Abstract
2009 has been a tough year for the shipping sector - container freight rates
have plunged with industry observers issuing profit warnings for container
lines' full-year results. The liquid bulk sector has remained afloat, as
tankers have been used for oil-storage purposes. Dry bulk shipping fortunes
have fluctuated - from all-time lows, to showing a steady recovery, to
dipping once more - as the sector' s fortunes have become increasingly tied
to China' s raw-material needs. For BMI' s Q409 Croatia Shipping Report we
have reviewed our forecast data for total tonnage throughput and container
volumes for 2009, taking into account, where available, the most recent
monthly throughput data for the port of Ploce. BMI has revised its 2009
throughput forecasts for the port down. We believe that for the whole of
2009 the port' s total tonnage throughput will fall by 30.68%, y-o-y. As
2009 draws to a close, BMI answers the question of what is next for the
Croatian shipping sector. We predict that a gradual recovery in the
country' s ports throughput will begin in 2010. This is based upon the fact
that our Country Risk desk is forecasting Croatia' s total trade to increase by
3.27% in 2010. At one of country' s main ports, the port of Ploce, BMI
predicts that tonnage throughput at the port will grow by 4.78% while
container volumes will increase by 6.54% in 2010. This estimate will see the
port to handling a total of 3.7mn tonnes and 24,035 TEUs in 2010. We
expect growth in throughput volumes to continue at the port for the rest of
the mid term (2011-2013). According to BMI' s shipping desk forecasts for
the port of Ploce, we predict that total tonnage throughput will increase
on average by 13.3% per year, with container volumes increasing by a yearly
average of 17.2%. This growth will enable the port of Ploce to reclaim its
pre-downturn levels of both tonnage and container throughput in 2013.

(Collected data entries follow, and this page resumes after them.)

//! Groups.

ghost use Rattle.std.specs.Prelude.{◌≡◌, ℕ, ℤ, IfOk, OnOk, OnErr, length, nat_eq, None, [], ◌∷◌, ◌++◌, false, position};
ghost use Rattle.std.specs.List.{IsDistinct};
ghost use Rattle.std.specs.Set.{is_member};
ghost use Rattle.must_group.specs.Groups.{union, intersection, difference, first_bad, incl, excl};

use crate::lookup::Lookup;
use crate::positions::{first_bad_place, is_behind, place_in, place_in_rising};
use must_base::NoMemory;
use std::alloc::Global;
use std::marker::Model;

/// A group of processes: an ordered list of distinct world ranks, each member's position being its rank in the group.
#[derive(Drop)]
pub struct Group {
    ranks: Vec<u32>,
    /// The ranks rise, so that a rank is found in logarithmic time.
    rises: bool,
}

impl Model for Group {
    ghost use Rattle.std.specs.Prelude.{◌≡◌, List, ℕ, nat_eq, true};
    ghost use Rattle.std.specs.List.{IsDistinct};
    ghost use Rattle.std.specs.List.Sorted.{IsNonDecreasing};

    ghost Value = { List ℕ };

    ghost view = { λ g. g.ranks.items };

    ghost invariant = { λ g. IsDistinct nat_eq g.ranks.items × (g.rises ≡ true → IsNonDecreasing g.ranks.items) };
}

/// The group with these world ranks.
fn listed(ranks: Vec<u32>) -> Group
    requires { IsDistinct nat_eq ranks.items }
    ensures { result ≡ ranks.items }
{
    let rises = ranks.is_sorted();
    Group { ranks, rises }
}

impl Group {
    /// The group with these world ranks in this order.
    pub fn of(alloc: Global, ranks: &[u32]) -> Result<Group, NoMemory>
        requires { IsDistinct nat_eq ranks.now }
        ensures { IfOk result (λ g. g ≡ ranks.now) }
    {
        let ranks = ranks.to_vec(alloc)?;
        Ok(listed(ranks))
    }

    /// The group without members.
    pub(crate) fn empty(alloc: Global) -> Group
        ensures { result ≡ [] }
    {
        listed(Vec::new(alloc))
    }

    /// One more member behind the others.
    pub(crate) fn push(&mut self, rank: u32) -> Result<(), NoMemory>
        requires { is_member nat_eq self.old rank ≡ false }
        ensures ok { OnOk result (self.new ≡ self.old ++ rank ∷ []) }
        ensures err { OnErr result (self.new ≡ self.old) }
    {
        let rises = self.rises && is_behind(&self.ranks, rank);
        self.ranks.push(rank)?;
        self.rises = rises;
        Ok(())
    }

    /// The world ranks of the members in order.
    pub fn ranks(&self) -> &[u32]
        ensures ranks { result.now ≡ self.now }
        ensures distinct { IsDistinct nat_eq self.now }
    {
        self.ranks.as_slice()
    }

    /// The position of the process with this world rank, if it is a member. It takes no memory.
    pub fn position(&self, rank: u32) -> Option<u32>
        ensures { result ≡ position (λ member. nat_eq member rank) self.now }
    {
        let place = if self.rises {
            place_in_rising(&self.ranks, rank)
        } else {
            place_in(&self.ranks, rank)
        };
        let place = place?;
        Some(place as u32)
    }

    /// The place of the first listed rank that names no position of the group or stands in the list before, if there is
    /// one. It takes no memory.
    pub fn valid_ranks(&self, ranks: &[i32]) -> Option<u32>
        ensures { result ≡ first_bad (length self.now) ranks.now }
    {
        let place = first_bad_place(self.ranks.len(), ranks)?;
        Some(place as u32)
    }

    /// All members of this group, then those of the other that are not in this one (`MPI_Group_union`).
    pub fn union(&self, alloc: Global, other: &Group) -> Result<Group, NoMemory>
        ensures { IfOk result (λ g. g ≡ union self.now other.now) }
    {
        let added = other.difference(alloc, self)?;
        let mut ranks = self.ranks.to_vec(alloc)?;
        ranks.extend_from_slice(&added.ranks)?;
        Ok(listed(ranks))
    }

    /// The members that are also in the other group, in this group's order (`MPI_Group_intersection`).
    pub fn intersection(&self, alloc: Global, other: &Group) -> Result<Group, NoMemory>
        ensures { IfOk result (λ g. g ≡ intersection self.now other.now) }
    {
        let others = Lookup::of(alloc, &other.ranks)?;
        let shared = self
            .ranks
            .iter()
            .copied()
            .filter(|rank| others.contains(*rank));
        let ranks = shared.collect(alloc)?;
        Ok(listed(ranks))
    }

    /// The members that are not in the other group, in this group's order (`MPI_Group_difference`).
    pub fn difference(&self, alloc: Global, other: &Group) -> Result<Group, NoMemory>
        ensures { IfOk result (λ g. g ≡ difference self.now other.now) }
    {
        let others = Lookup::of(alloc, &other.ranks)?;
        let own = self
            .ranks
            .iter()
            .copied()
            .filter(|rank| !others.contains(*rank));
        let ranks = own.collect(alloc)?;
        Ok(listed(ranks))
    }

    /// The members at the listed positions, in the list's order (`MPI_Group_incl`).
    pub fn incl(&self, alloc: Global, ranks: &[i32]) -> Result<Group, NoMemory>
        requires { first_bad (length self.now) ranks.now ≡ None }
        ensures { IfOk result (λ g. g ≡ incl self.now ranks.now) }
    {
        let mut chosen = Vec::new(alloc);
        for rank in ranks {
            chosen.push(self.ranks[*rank as usize])?;
        }
        Ok(listed(chosen))
    }

    /// The members whose position is not listed, in this group's order (`MPI_Group_excl`).
    pub fn excl(&self, alloc: Global, ranks: &[i32]) -> Result<Group, NoMemory>
        requires { first_bad (length self.now) ranks.now ≡ None }
        ensures { IfOk result (λ g. g ≡ excl self.now ranks.now) }
    {
        // The members are distinct, so leaving out the listed members leaves out the listed positions.
        let _ = &self.ranks;
        let listed = self.incl(alloc, ranks)?;
        self.difference(alloc, &listed)
    }
}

Croatia' s port recovery is reliant on a revival in Croatia' s trade volumes.
For the whole of 2009 BMI expects Croatia' s imports and exports both to
decline by 10%. A gradual recovery is forecast to begin in 2010, with
total trade forecast to grow by 3.27%. BMI predicts that over the rest of the
mid term (2011- 2013) the country' s total trade will increase by a yearly
average of 4.73%. This trade recovery will see the country' s import and
export worth increase to US$34.3bn and US$31.2bn respectively by 2013. BMI
does not expect the country' s current main trade partners of Italy,
Germany, Russia, Slovenia, Bosnia and Herzegovina, China and Austria to
change dramatically over the mid term.